The first problem about these visits is a legal problem. Doctors don’t like to give advice to patients who they don’t know because of legal problems. Second, if a specialist talks to a patient and the parents without having included the patient’s neurologist, this can generate uncomfortable situations for all the people involved. Dr. Klepper suggests to first reach out to the patient’s neurologist and ask them to contact the Glut1 Deficiency specialist to get some recommendations about treatment.
Do you think most of the Glut1 Deficiency patients experience anxiety? Did you talk about this in the consensus paper?
I think anxiety is a characteristic of Glut1 Deficiency patients. The question is, is the anxiety an effect of Glut1 Deficiency, or is it a secondary effect due to the patient feeling different than others or due to being treated with the ketogenic diet and eating differently than other people. There’s not much information about the psychological and psychiatric problems experienced by Glut1 Deficiency patients, these are things we need to research more.
Glenna informed us that in the next parent zoom meeting in August, the sister of one of our Glut1 Deficiency patients and a homepathic doctor, will be joining us to talk about strategies to handle anxiety.
Which is the ideal level of ketosis?
The consensus is that for Glut1 Deficiency, patients need to reach the maximum level of ketosis they can achieve and tolerate. There is not an absolute value, but we have seen that many Glut1 Deficiency patients have a ketosis threshold, and when those patients go below the minimum level (which is usually 2 mmol/L), they start experiencing problems. If the adult patients cannot maintain at least their minimum level, they don’t feel well. If the ketosis is too high, the patient can start to feel bad due to the acidity of the ketones. They can start vomiting, lose appetite, and that is not good for the patient’s health.

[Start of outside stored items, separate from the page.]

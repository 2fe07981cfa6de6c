// The program's answer to its input.
// What is listed at each row is the line that came in: specs/Listed says it, and proofs/Listed proves it of every accepted input.
#![tactic(auto)]

ghost use Rattle.std.specs.Prelude.{◌≡◌};
ghost use Rattle.answering.specs.Begins.{refusal, AnswerBegins};

use column::{Column, Kind};
use whole::Place;

// Bytes of input, and what is lent for whatever so many bytes can ask for: 2,730 rows, and 16,379 bytes of values in one block.
pub const INPUT: usize = 16384;

pub const VIEWS: usize = 43680;

pub const BYTES: usize = 16379;

pub const NULLS: usize = 342;

// The column to list, and the place at which its listing, or a refusal, begins.
#[derive(Clone, Copy)]
pub struct Begun {
    pub column: Column,
    pub place: Place,
}

fn refused(n: usize) -> Begun
    ensures { result ≡ refusal n }
{
    Begun {
        column: Column {
            first: 0,
            rows: 0,
            blocks: 0,
            kind: Kind::Binary,
            mapped: false,
        },
        place: Place::Refused(n),
    }
}

// The first piece's place; `whole::next_piece` writes the answer from there on.
pub fn begin(
    views: &mut [u8; VIEWS],
    bytes: &mut [u8; BYTES],
    starts: &mut [usize; 1],
    lens: &mut [usize; 1],
    nulls: &mut [u8; NULLS],
    places: &mut [u32; 1],
    input: &[u8],
) -> Begun
    ensures { AnswerBegins input.now views.old bytes.old starts.old lens.old
        nulls.old places.old views.new bytes.new starts.new lens.new nulls.new result }
{
    if INPUT < input.len() {
        return refused(0);
    }
    let bad = shelf::first_bad(input);
    if bad != 0 {
        return refused(bad);
    }
    let c = shelf::build(views, bytes, starts, lens, nulls, places, input);
    Begun {
        column: c,
        place: Place::Opening,
    }
}
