// The validity check of a column: all its views are true and its blocks lie in the data.
#![tactic(auto)]

ghost use Rattle.std.specs.Prelude.{◌≡◌};
ghost use Rattle.column.specs.Lent.{lent_of};
ghost use Rattle.validity.specs.Check.{why_invalid};

use bounds::Refusal;
use column::{Buffers, Column};

// Why a column isn't valid: its numbers don't fit, the lowest row whose view isn't true, or a block outside the data.
pub fn check<'a>(l: Buffers<'a, '_>, c: Column) -> Result<(), Refusal>
    ensures { result ≡ why_invalid (lent_of l.entry) c }
{
    if !column::fits(l, c) {
        return Err(Refusal::Fit);
    }
    for k in 0..c.rows {
        if !column::is_true_at(l, c.kind, c.blocks, c.first + k) {
            return Err(Refusal::BadView(k));
        }
    }
    if !column::all_in_data(l.bytes, l.starts, l.lens, c.blocks) {
        return Err(Refusal::Range);
    }
    Ok(())
}
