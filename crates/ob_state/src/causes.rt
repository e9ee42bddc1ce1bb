//! The causes of the book, by code.
ghost use Rattle.std.specs.Prelude.{◌≡◌, codes};

use crate::MOST_CAUSES;
use ob_base::Name;
use std::marker::Model;

/// The names of the causes by code. Code 0 is the unassigned cause.
#[derive(Drop)]
pub struct Causes {
    names: [Option<Name>; MOST_CAUSES],
}

impl Model for Causes {
    ghost use Rattle.std.specs.Prelude.{◌≡◌, ℕ, List, Option, length};

    ghost Value = { List (Option (List ℕ)) };

    ghost view = { λ c. c.names };

    ghost invariant = { λ c. length c.names ≡ 64 };
}

impl Causes {
    ghost use Rattle.std.specs.Prelude.{◌≡◌, ◌<◌, Some, set};
    ghost use Rattle.ob_state.specs.State.{unassigned_alone, cause_name_of, has_cause_name};

    /// The causes of a new book: only cause 0.
    pub fn new() -> Causes
        ensures { result ≡ unassigned_alone }
    {
        let mut names = [None; MOST_CAUSES];
        names[0] = Some(unassigned());
        Causes { names }
    }

    /// The name of the cause with this code, if there is one.
    pub fn name(&self, code: u8) -> Option<Name>
        ensures { result ≡ cause_name_of self.now code }
    {
        match self.names.get(usize::from(code)) {
            Some(name) => *name,
            None => None,
        }
    }

    /// Whether a cause has this name.
    pub fn has_name(&self, name: &Name) -> bool
        ensures { result ≡ has_cause_name self.now name.now }
    {
        self.names.iter().any(|taken| match taken {
            Some(taken) => taken.bytes() == name.bytes(),
            None => false,
        })
    }

    /// Sets the name of the cause with this code, which is below 64.
    pub fn put(&mut self, code: u8, name: Name)
        requires { code < 64 }
        ensures { self.new ≡ set self.old code (Some name) }
    {
        self.names[usize::from(code)] = Some(name);
    }
}

/// The name of cause 0.
pub fn unassigned() -> Name
    ensures { result ≡ codes "UNASSIGNED" }
{
    match Name::read(b"UNASSIGNED") {
        Some(name) => name,
        // The bytes are a valid name: ten letters A-Z.
        None => unreachable!(),
    }
}
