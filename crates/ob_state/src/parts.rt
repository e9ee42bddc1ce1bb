//! The effect of a change of the network: a new bus, section or device, or another in-service
//! interval of a device.
ghost use Rattle.std.specs.Prelude.{◌≡◌, ◌+◌, ◌≤◌, ◌<◌, ℕ, None, IfOk, IfErr, IsSome, OnOk, length};
ghost use Rattle.ob_base.specs.Stop.{out_of_memory};
ghost use Rattle.ob_net.specs.Network.{node_refusal, HasFeederOrNone};
ghost use Rattle.ob_sweep.specs.Changed.{changed, net_before, Applies, IsAfter};
ghost use Rattle.ob_sweep.specs.Deltas.{new_runs, Fits, IsDelta};
ghost use Rattle.ob_time.specs.Calendar.{day_count};
ghost use Rattle.ob_post.specs.declared.Dim.{Dim as Dimension};
ghost use Rattle.ob_state.specs.Amounts.{amount};
ghost use Rattle.ob_state.specs.States.{AreRunsOf, IsSoundState};
ghost use Rattle.ob_state.specs.Retimings.{runs_in};
ghost use Rattle.ob_post.specs.Balances.{Balances, together};
ghost use Rattle.ob_state.specs.Effects.{IsEffect, amount_of_node, before_change};
ghost use Rattle.ob_state.specs.Resolved.{next_by, node_change, searches_by, IsDeviceToJoin, IsOtherLife};

use crate::effect::Effect;
use crate::resolved::Resolved;
use crate::retiming::Retiming;
use crate::state::State;
use ob_base::{Life, Stop};
use ob_net::{Device, Node};
use ob_post::laws::{section_laws, total_laws};
use ob_post::{Basis, Posting};
use ob_sweep::{Change, Delta, Timeline};
use std::alloc::Global;

/// Computes the effect of a new bus or section. It has no customers yet, but a section has outage
/// intervals. Fails only if an allocation fails.
pub fn with_node<T: Timeline>(
    alloc: Global,
    state: &mut State,
    timeline: &T,
    node: Node,
) -> Result<Effect, Stop>
    requires free { node_refusal state.old.state.network node.name ≡ None }
    requires feeder { HasFeederOrNone node }
    requires runs { AreRunsOf state.old.state (T.content timeline.now) }
    ensures effect { IfOk result (IsEffect state.old.state (next_by state.old.state
        (Resolved.Node (length state.old.state.network.nodes) node))) }
    ensures err { IfErr result (λ stop. stop ≡ out_of_memory) }
    ensures state { state.new.state ≡ state.old.state }
    ensures searches { state.new.searches ≤ state.old.searches + searches_by T.bound
        state.old.state (Resolved.Node (length state.old.state.network.nodes) node) }
{
    state.reserve_one()?;
    let _ = state.accepted();
    let change = change_of_node(node.feeder);
    state.add_node(node);
    let delta = plan_change(state, timeline, &change);
    state.take_back_node();
    Ok(Effect {
        moves: Vec::new(alloc),
        retiming: Retiming::By(delta?),
    })
}

/// Computes the effect of a new device. Fails only if an allocation fails.
pub fn with_device<T: Timeline>(
    alloc: Global,
    state: &mut State,
    timeline: &T,
    number: u16,
    device: Device,
) -> Result<Effect, Stop>
    requires takes { IsDeviceToJoin state.old.state number device }
    requires runs { AreRunsOf state.old.state (T.content timeline.now) }
    ensures effect { IfOk result (IsEffect state.old.state (next_by state.old.state
        (Resolved.Device number device))) }
    ensures err { IfErr result (λ stop. stop ≡ out_of_memory) }
    ensures state { state.new.state ≡ state.old.state }
    ensures searches { state.new.searches ≤ state.old.searches + searches_by T.bound
        state.old.state (Resolved.Device number device) }
{
    state.reserve_one()?;
    let _ = state.accepted();
    let change = Change::Joined {
        device: number,
        life: device.life,
    };
    state.join(device);
    let effect = effect_on_network(alloc, state, timeline, &change);
    state.take_back_device();
    effect
}

/// Computes the effect of another in-service interval of a device. Fails only if an allocation
/// fails.
pub fn with_life<T: Timeline>(
    alloc: Global,
    state: &mut State,
    timeline: &T,
    device: u16,
    old: Life,
    new: Life,
) -> Result<Effect, Stop>
    requires takes { IsOtherLife state.old.state device old new }
    requires runs { AreRunsOf state.old.state (T.content timeline.now) }
    ensures effect { IfOk result (IsEffect state.old.state (next_by state.old.state
        (Resolved.Life device old new))) }
    ensures err { IfErr result (λ stop. stop ≡ out_of_memory) }
    ensures state { state.new.state ≡ state.old.state }
    ensures searches { state.new.searches ≤ state.old.searches + searches_by T.bound
        state.old.state (Resolved.Life device old new) }
{
    let _ = state.accepted();
    state.set_life(device, new);
    let change = Change::Lived { device, old, new };
    let effect = effect_on_network(alloc, state, timeline, &change);
    state.set_life(device, old);
    effect
}

// The change of the network that adds a node with this home feeder, or with none.
fn change_of_node(feeder: Option<u8>) -> Change
    ensures { result ≡ node_change feeder }
{
    match feeder {
        Some(feeder) => Change::Section { feeder },
        None => Change::Bus,
    }
}

// The effect of a change of the devices that the state already has. `timeline` holds the outage
// intervals before it.
fn effect_on_network<T: Timeline>(
    alloc: Global,
    state: &mut State,
    timeline: &T,
    change: &Change,
) -> Result<Effect, Stop>
    requires part { changed change.now state.old.state.entries ≡ state.old.state.entries }
    requires applies { Applies change.now state.old.state.entries }
    requires after { IsAfter change.now state.old.state.network }
    requires nodes { (net_before change.now state.old.state.network).nodes
        ≡ state.old.state.network.nodes }
    requires runs { AreRunsOf (before_change change.now state.old.state) (T.content timeline.now) }
    ensures effect { IfOk result (IsEffect (before_change change.now state.old.state)
        state.old.state) }
    ensures err { IfErr result (λ stop. stop ≡ out_of_memory) }
    ensures state { state.new.state ≡ state.old.state }
    ensures searches { state.new.searches ≤ state.old.searches + T.bound state.old.state.network
        state.old.state.entries state.old.state.period change.now }
{
    total_laws();
    let _ = state.accepted();
    let delta = plan_change(state, timeline, change)?;
    let posting = post_sections(alloc, state, timeline, change, &delta)?;
    Ok(Effect {
        moves: posting.moves(&state.period)?,
        retiming: Retiming::By(delta),
    })
}

// The changes of the outage intervals under a change of the network that the state already has.
// `timeline` holds the intervals before it.
fn plan_change<T: Timeline>(state: &mut State, timeline: &T, change: &Change) -> Result<Delta, Stop>
    requires part { changed change.now state.old.state.entries ≡ state.old.state.entries }
    requires applies { Applies change.now state.old.state.entries }
    requires after { IsAfter change.now state.old.state.network }
    requires runs { AreRunsOf (before_change change.now state.old.state) (T.content timeline.now) }
    ensures delta { IfOk result (λ delta. IsDelta state.old.state.network delta
        (T.content timeline.now) (runs_in state.old.state)) }
    ensures fits { IfOk result (λ delta. Fits (T.content timeline.now) delta) }
    ensures err { IfErr result (λ stop. stop ≡ out_of_memory) }
    ensures state { state.new.state ≡ state.old.state }
    ensures searches { state.new.searches ≤ state.old.searches + T.bound state.old.state.network
        state.old.state.entries state.old.state.period change.now }
{
    timeline.plan(&mut state.net, &state.sheet, &state.period, change)
}

// The changes of amounts under a change of the devices that the state already has: those of the
// sections that it touches.
fn post_sections<T: Timeline>(
    alloc: Global,
    state: &State,
    timeline: &T,
    change: &Change,
    delta: &Delta,
) -> Result<Posting, Stop>
    requires nodes { (net_before change.now state.now.state.network).nodes
        ≡ state.now.state.network.nodes }
    requires runs { AreRunsOf (before_change change.now state.now.state) (T.content timeline.now) }
    requires delta { IsDelta state.now.state.network delta.now (T.content timeline.now)
        (runs_in state.now.state) }
    ensures posted { IfOk result (λ posting. Balances (day_count state.now.state.period) posting
        (amount (before_change change.now state.now.state)) (amount state.now.state)) }
    ensures err { IfErr result (λ stop. stop ≡ out_of_memory) }
{
    section_laws();
    let _ = state.accepted();
    let mut posting = Posting::new(alloc);
    let touched = delta.touched();
    for node in touched {
        repost(&mut posting, state, timeline, change, delta, *node)?;
    }
    Ok(posting)
}

// Replaces the amounts of a touched section by those of its new outage intervals.
fn repost<T: Timeline>(
    posting: &mut Posting,
    state: &State,
    timeline: &T,
    change: &Change,
    delta: &Delta,
    node: u16,
) -> Result<(), Stop>
    requires sound { IsSoundState state.now.state }
    requires nodes { (net_before change.now state.now.state.network).nodes
        ≡ state.now.state.network.nodes }
    requires runs { AreRunsOf (before_change change.now state.now.state) (T.content timeline.now) }
    requires delta { IsDelta state.now.state.network delta.now (T.content timeline.now)
        (runs_in state.now.state) }
    requires node { node < length state.now.state.network.nodes }
    requires touched { IsSome (new_runs delta.now node) }
    ensures posted { (old new : Dimension → ℕ → ℕ)
        → Balances (day_count state.now.state.period) posting.old old new
        → OnOk result (Balances (day_count state.now.state.period) posting.new
        (together old (amount_of_node (before_change change.now state.now.state) node))
        (together new (amount_of_node state.now.state node))) }
    ensures err { IfErr result (λ stop. stop ≡ out_of_memory) }
{
    section_laws();
    // A bus, not a section: it has no customers, so no amount changes.
    let Some(feeder) = state.net.feeder_of(node) else {
        return Ok(());
    };
    let basis = Basis {
        sheet: &state.sheet,
        feeder,
        roll: &state.roll,
        period: &state.period,
    };
    posting.take(timeline.runs_of(node), &basis)?;
    posting.give(delta.runs(node), &basis)
}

Are there anomalies in the brain of Glut1 Deficiency patients? If that’s the case, can the anomalies change over time?
Magnetic resonance data from Dr. Pascual’s registry has shown anomalies in some areas of the brain of Glut1 Deficiency patients; however, we don’t have enough data to determine whether or not this is present in all Glut1 Deficiency patients. More research needs to be done on this issue.
Are there any situations that can cause Glut1 Deficiency patients to show certain symptoms; for example, change on altitude, when patients are traveling by plane?
I have not seen any studies done regarding brain metabolism during flights. It is known that Glut1 Deficiency patients respond to stressful situations and they can present symptoms. My personal experience is that when some patients fly to visit the hospital where I work, EEGs performed after the trip can be disastrous, however, when we perform an EEG on the next day after their flight their EEG is completely normal. Glut1 Deficiency patients can react to stressful situations like change in their meals schedule or traveling. I think the stress generated by a flight is higher than a change on altitude.
Are there any new diagnostic or treatment tools for Glut1 deficiency?
Yes, there are. There is a group of small molecules that enable the Glucose transporter to work better, and there are other compounds that can help produce more glucose transporters. There is a diagnostic test for red blood cells available in France. We have a team that is evaluating Glut1 Deficiency patients to see if the defect they present is due to a reduction in the number of Glut1 transporters or if the number of Glut1 transporters present is normal, but they are just not working well.